Appendix · reproducibility
| Run | Mode | Reasoning | EVAL_VERSION | Schema | Seed | JSON |
|---|---|---|---|---|---|---|
| A | self-play | default | arena-war-eval-v0.3.2 | 5 | 424242 | eval-results-frontier-n25-selfplay.json |
| B | adversarial | default | arena-war-eval-v0.3.2 | 5 | 424242 | eval-results-frontier-n25-adversarial.json |
| C2 | self-play | high | arena-war-eval-v0.3.3 | 6 | 424242 | eval-results-frontier-n25-selfplay-reasoning-high.json |
| D | adversarial | high | arena-war-eval-v0.3.3 | 6 | 424242 | eval-results-frontier-n25-adversarial-reasoning-high.json |
The v0.3.3 runner adds --reasoning-effort, records protocol.reasoningEffort, and scales the OpenAI request timeout by effort level.
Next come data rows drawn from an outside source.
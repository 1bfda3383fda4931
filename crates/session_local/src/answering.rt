//! The calls that a session answers by itself.

ghost use Rattle.std.specs.Prelude.{◌≡◌, ◌==◌, ◌≤◌, true, Some, MatchOption, IfErr, IfOk, IsTrue, find, is_some, length};
ghost use Rattle.session_local.specs.Answer.{Nothing, answered_by};
ghost use Rattle.session_local.specs.BuiltCalls.{is_built_call};
ghost use Rattle.session_local.specs.Changing.{changed_by, change_at, ChangesTo, ChangesBy};
ghost use Rattle.session_local.specs.Holding.{begun_with_cursors};
ghost use Rattle.session_local.specs.LocalCalls.{cursor_of, is_answered_locally, plain, reply_if_taken, reply_not_begun, takes_memory, IsAnswer, StepsBy};
ghost use Rattle.session_local.specs.Outcome.{CallInputs, on_cursor};
ghost use Rattle.session_local.specs.RecordCalls.{retrieve_copy};
ghost use Rattle.session_local.specs.Showing.{answered_with, bytes_answered, names_within, HasRoom, NamesWithin};
ghost use Rattle.session_local.specs.WellFormed.{IsWellFormed, is_well_formed_cursor};

use crate::begun::Begun;
use crate::calls::{cursor_of, is_always_local};
use crate::local::Local;
use crate::open_cursor::OpenCursor;
use crate::reply::{Reply, Value};
use crate::reply_buffer::ReplyBuffer;
use crate::request::Request;
use crate::showing::Shown;
use jet_base::{CursorId, Jet, Name, OutOfMemory, Prepare};
use std::alloc::Global;

/// Answers a call that the session answers by itself, from its own state alone. For any other call it is None, and
/// nothing changes; nor does anything where there is no memory, which SetColumn, PrepareUpdate `insert`, TempOpen and TempPut
/// alone take.
///
/// A session that was not begun refuses every call but BeginSession. One that was refuses BeginSession, a label that is taken,
/// and that of a cursor that it does not have, unless it is one of an IntersectIndexes. It answers MakeKey, RemoveIndexRange,
/// SetColumn, RetrieveColumn from the copy buffer, PrepareUpdate `insert` and `cancel`, and the calls on temporary tables.
pub fn local_step(local: &mut Local, request: &Request) -> Result<Option<Reply>, OutOfMemory>
    requires well_formed { IsWellFormed local.old.state }
    requires built { is_built_call request.now ≡ true }
    ensures by_itself { IfOk result (λ made. is_some made ≡ is_answered_locally local.old.state request.now) }
    ensures answer { IfOk result (λ made. MatchOption made (local.new ≡ local.old) (λ reply. IsAnswer local.old.state request.now (answered_by reply local.new.reply) local.new.state)) }
    ensures session { local.new.session ≡ local.old.session }
    ensures unchanged { IfErr result (λ _. local.new ≡ local.old) }
    ensures memory { IfErr result (λ _. takes_memory request.now ≡ true) }
    ensures kept { IsWellFormed local.new.state }
    ensures named { NamesWithin result (length local.new.reply) }
{
    let Some(begun) = &mut local.begun else {
        return Ok(step_not_begun(request));
    };
    begun.local_step(request)
}

// What a session that was not begun answers.
fn step_not_begun(request: &Request) -> Option<Reply>
    ensures { result ≡ reply_not_begun request.now }
{
    match request {
        Request::BeginSession => None,
        _ => Some(without_value(Jet::InvalidSesid)),
    }
}

/// A reply without a value.
pub(crate) fn without_value(jet: Jet) -> Reply
    ensures { result ≡ plain jet }
{
    Reply {
        jet,
        value: Value::Nothing,
    }
}

impl Begun {
    fn local_step(&mut self, request: &Request) -> Result<Option<Reply>, OutOfMemory>
        requires well_formed { IsWellFormed (begun_with_cursors self.old.cursors) }
        requires built { is_built_call request.now ≡ true }
        ensures step { StepsBy self.old request.now result self.new }
        ensures named { NamesWithin result (length self.new.reply) }
        ensures memory { IfErr result (λ _. takes_memory request.now ≡ true) }
    {
        match request {
            Request::BeginSession => Ok(Some(without_value(Jet::SessionInUse))),
            Request::OpenTable { cursor, .. } => match self.position(*cursor) {
                Some(_) => Ok(Some(without_value(Jet::InvalidTableId))),
                None => Ok(None),
            },
            Request::IntersectIndexes { temp, .. } => Ok(self.refusal_if_taken(*temp)),
            _ => match cursor_of(request) {
                Some(label) => self.step_at(label, request),
                None => self.temp_step(request),
            },
        }
    }

    // The refusal of an IntersectIndexes whose label is taken.
    fn refusal_if_taken(&self, temp: CursorId) -> Option<Reply>
        ensures { result ≡ reply_if_taken self.now.temps temp }
    {
        if self.temps.has(temp) {
            Some(without_value(Jet::InvalidTableId))
        } else {
            None
        }
    }

    // A call that is made at the cursor with this label.
    fn step_at(&mut self, label: CursorId, request: &Request) -> Result<Option<Reply>, OutOfMemory>
        requires well_formed { IsWellFormed (begun_with_cursors self.old.cursors) }
        requires label { cursor_of request.now ≡ Some label.0 }
        ensures step { StepsBy self.old request.now result self.new }
        ensures named { NamesWithin result (length self.new.reply) }
        ensures memory { IfErr result (λ _. takes_memory request.now ≡ true) }
    {
        if !is_always_local(request) {
            return match self.position(label) {
                Some(_) => Ok(None),
                None => Ok(Some(without_value(Jet::InvalidTableId))),
            };
        }
        if let Request::RetrieveColumn {
            column,
            sequence,
            most,
            ..
        } = request
        {
            return Ok(Some(self.show_copy(label, column, *sequence, *most)));
        }
        let jet = self.change(label, request)?;
        Ok(Some(without_value(jet)))
    }

    // Shows a value of the prepared update of the cursor with this label.
    fn show_copy(&mut self, label: CursorId, column: &Name, sequence: u32, most: u32) -> Reply
        requires { IsWellFormed (begun_with_cursors self.old.cursors) }
        ensures shown { (asked : CallInputs) → answered_by result self.new.reply ≡ (on_cursor asked (find (λ c. c.label == label.0) self.old.cursors) (λ c. retrieve_copy asked c column.now sequence most)).answered }
        ensures cursors { self.new.cursors ≡ self.old.cursors }
        ensures temps { self.new.temps ≡ self.old.temps }
        ensures named { IsTrue (names_within result.value (length self.new.reply)) }
    {
        let Some(at) = self.position(label) else {
            return without_value(Jet::InvalidTableId);
        };
        match self.cursors[at].copied_value(column, sequence) {
            Ok(value) => show_value(&mut self.reply, value, most),
            Err(jet) => without_value(jet),
        }
    }

    // Makes a call that changes the cursor with this label. Where there is no memory nothing changes.
    fn change(&mut self, label: CursorId, request: &Request) -> Result<Jet, OutOfMemory>
        requires { IsWellFormed (begun_with_cursors self.old.cursors) }
        ensures memory { IfErr result (λ _. takes_memory request.now ≡ true) }
        ensures change { ChangesBy self.old (change_at (find (λ c. c.label == label.0) self.old.cursors) request.now) result self.new }
    {
        let Some(at) = self.position(label) else {
            return Ok(Jet::InvalidTableId);
        };
        let alloc = *self.cursors.allocator();
        let cursor = &mut self.cursors[at];
        cursor.change(alloc, request)
    }
}

impl OpenCursor {
    // Makes a call that changes the cursor. Any other call leaves it as it is.
    fn change(&mut self, alloc: Global, request: &Request) -> Result<Jet, OutOfMemory>
        requires { IsTrue (is_well_formed_cursor self.old) }
        ensures change { ChangesTo self.old (changed_by self.old request.now) result self.new }
        ensures memory { IfErr result (λ _. takes_memory request.now ≡ true) }
    {
        match request {
            Request::MakeKey { fresh, value, .. } => Ok(self.make_key(*fresh, value)),
            Request::RemoveIndexRange { .. } => Ok(self.remove_range()),
            Request::PrepareUpdate { how, .. } => self.prepare_by(alloc, *how),
            Request::SetColumn {
                column,
                sequence,
                value,
                ..
            } => self.set_column(column, *sequence, value),
            _ => Ok(Jet::Success),
        }
    }
}

/// Writes what is shown of the value to the front of the reply buffer.
pub(crate) fn show_value(buffer: &mut ReplyBuffer, value: Shown<'_>, most: u32) -> Reply
    requires { HasRoom value }
    ensures answer { answered_by result buffer.new ≡ answered_with most value.entry }
    ensures named { IsTrue (names_within result.value (length buffer.new)) }
{
    match value {
        Shown::Number(number) => Reply {
            jet: Jet::Success,
            value: Value::Number(number),
        },
        Shown::Bytes(bytes) => show_bytes(buffer, bytes, most as usize),
    }
}

// Writes the bytes to the front of the reply buffer, up to the most that was asked for.
fn show_bytes(buffer: &mut ReplyBuffer, bytes: &[u8], most: usize) -> Reply
    requires { length bytes.now ≤ 1048576 }
    ensures answer { answered_by result buffer.new ≡ bytes_answered most bytes.now }
    ensures named { IsTrue (names_within result.value (length buffer.new)) }
{
    let (front, _) = bytes.split_at(most.min(bytes.len()));
    let value = buffer.show(front, bytes.len() as u64);
    let jet = if most < bytes.len() {
        Jet::BufferTruncated
    } else {
        Jet::Success
    };
    Reply { jet, value }
}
See CHANGELOG in eval-runner.js and PR #17 for the full diff.
To reproduce Run C2:
npm run eval -- \
--model claude-opus-4-7@anthropic \
--model gpt-5.4-2026-03-05@openai \
--mode self-play \
--games-per-iter 25 \
--iterations 6 \
--seed 424242 \
--reasoning-effort high
To reproduce Run D, swap --mode adversarial.